Records from a collection
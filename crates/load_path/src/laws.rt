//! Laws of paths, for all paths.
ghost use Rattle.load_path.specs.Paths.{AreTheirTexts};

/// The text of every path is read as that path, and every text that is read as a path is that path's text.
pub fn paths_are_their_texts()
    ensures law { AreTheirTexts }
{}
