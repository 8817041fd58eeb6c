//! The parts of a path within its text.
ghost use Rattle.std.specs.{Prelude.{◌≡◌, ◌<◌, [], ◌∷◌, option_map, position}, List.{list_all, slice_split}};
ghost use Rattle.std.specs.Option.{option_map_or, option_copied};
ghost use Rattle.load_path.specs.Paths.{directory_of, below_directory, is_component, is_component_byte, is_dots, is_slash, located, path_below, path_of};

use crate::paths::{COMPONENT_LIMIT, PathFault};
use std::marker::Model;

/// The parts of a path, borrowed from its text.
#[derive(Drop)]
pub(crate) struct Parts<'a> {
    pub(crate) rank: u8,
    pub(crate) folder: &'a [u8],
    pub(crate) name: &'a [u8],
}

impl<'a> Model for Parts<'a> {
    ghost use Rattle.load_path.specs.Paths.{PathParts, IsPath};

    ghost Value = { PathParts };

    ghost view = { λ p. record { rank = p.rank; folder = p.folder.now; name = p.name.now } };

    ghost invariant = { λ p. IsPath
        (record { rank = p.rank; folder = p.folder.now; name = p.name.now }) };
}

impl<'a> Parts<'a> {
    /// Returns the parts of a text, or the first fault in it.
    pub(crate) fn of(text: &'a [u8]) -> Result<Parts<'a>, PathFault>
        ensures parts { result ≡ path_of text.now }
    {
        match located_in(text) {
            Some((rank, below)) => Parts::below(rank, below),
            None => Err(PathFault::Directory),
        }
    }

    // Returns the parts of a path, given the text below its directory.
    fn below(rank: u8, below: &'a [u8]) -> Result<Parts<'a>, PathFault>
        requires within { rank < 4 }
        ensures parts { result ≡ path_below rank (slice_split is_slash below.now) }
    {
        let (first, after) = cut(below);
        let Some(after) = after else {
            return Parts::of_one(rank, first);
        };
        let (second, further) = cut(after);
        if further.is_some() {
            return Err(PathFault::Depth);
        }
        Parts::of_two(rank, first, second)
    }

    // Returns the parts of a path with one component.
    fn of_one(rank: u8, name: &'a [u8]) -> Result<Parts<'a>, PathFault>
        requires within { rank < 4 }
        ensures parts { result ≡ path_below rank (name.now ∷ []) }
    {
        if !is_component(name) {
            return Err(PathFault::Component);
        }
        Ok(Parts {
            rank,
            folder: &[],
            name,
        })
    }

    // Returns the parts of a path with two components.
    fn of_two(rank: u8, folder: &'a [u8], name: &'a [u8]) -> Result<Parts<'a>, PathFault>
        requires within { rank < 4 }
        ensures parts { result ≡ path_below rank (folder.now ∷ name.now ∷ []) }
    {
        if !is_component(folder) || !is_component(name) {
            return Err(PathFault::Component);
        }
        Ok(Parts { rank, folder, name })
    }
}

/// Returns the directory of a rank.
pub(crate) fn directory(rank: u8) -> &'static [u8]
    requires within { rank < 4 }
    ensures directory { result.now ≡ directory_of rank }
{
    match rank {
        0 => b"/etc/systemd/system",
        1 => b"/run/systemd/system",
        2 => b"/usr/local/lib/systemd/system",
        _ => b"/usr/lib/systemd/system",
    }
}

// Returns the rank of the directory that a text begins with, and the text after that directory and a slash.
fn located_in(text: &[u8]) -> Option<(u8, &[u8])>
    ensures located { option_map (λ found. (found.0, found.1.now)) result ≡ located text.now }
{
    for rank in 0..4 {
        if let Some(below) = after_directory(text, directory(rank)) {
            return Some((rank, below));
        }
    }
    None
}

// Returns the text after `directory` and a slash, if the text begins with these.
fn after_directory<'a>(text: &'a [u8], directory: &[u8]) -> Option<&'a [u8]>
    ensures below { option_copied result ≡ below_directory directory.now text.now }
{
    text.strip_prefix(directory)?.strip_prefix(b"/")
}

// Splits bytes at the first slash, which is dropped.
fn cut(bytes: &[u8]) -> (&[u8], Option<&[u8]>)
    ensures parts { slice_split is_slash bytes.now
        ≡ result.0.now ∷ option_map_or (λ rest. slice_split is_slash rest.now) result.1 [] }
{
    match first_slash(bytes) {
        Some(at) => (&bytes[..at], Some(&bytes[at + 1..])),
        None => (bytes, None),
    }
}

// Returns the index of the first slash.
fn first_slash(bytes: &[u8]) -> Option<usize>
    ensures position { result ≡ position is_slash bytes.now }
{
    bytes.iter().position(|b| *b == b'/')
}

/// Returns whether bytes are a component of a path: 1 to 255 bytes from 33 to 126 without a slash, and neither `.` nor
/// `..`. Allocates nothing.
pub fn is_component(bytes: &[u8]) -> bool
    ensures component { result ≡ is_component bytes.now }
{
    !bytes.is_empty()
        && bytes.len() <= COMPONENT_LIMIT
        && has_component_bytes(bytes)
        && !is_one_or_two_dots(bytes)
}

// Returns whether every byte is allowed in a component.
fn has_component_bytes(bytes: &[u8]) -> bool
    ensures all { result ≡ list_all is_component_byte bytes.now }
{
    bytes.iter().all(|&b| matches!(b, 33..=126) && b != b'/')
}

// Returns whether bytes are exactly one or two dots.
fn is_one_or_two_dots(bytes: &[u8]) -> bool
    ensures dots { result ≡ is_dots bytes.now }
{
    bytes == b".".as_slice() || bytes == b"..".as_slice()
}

* [WHAT TO DO]
The lines above that hold the word "Rattle" should be found and copied out.

* [ANSWER TO THE EXERCISE]
ghost use Rattle.load_path.specs.Paths.{AreTheirTexts};
ghost use Rattle.std.specs.{Prelude.{◌≡◌, ◌<◌, [], ◌∷◌, option_map, position}, List.{list_all, slice_split}};
ghost use Rattle.std.specs.Option.{option_map_or, option_copied};
ghost use Rattle.load_path.specs.Paths.{directory_of, below_directory, is_component, is_component_byte, is_dots, is_slash, located, path_below, path_of};
    ghost use Rattle.load_path.specs.Paths.{PathParts, IsPath};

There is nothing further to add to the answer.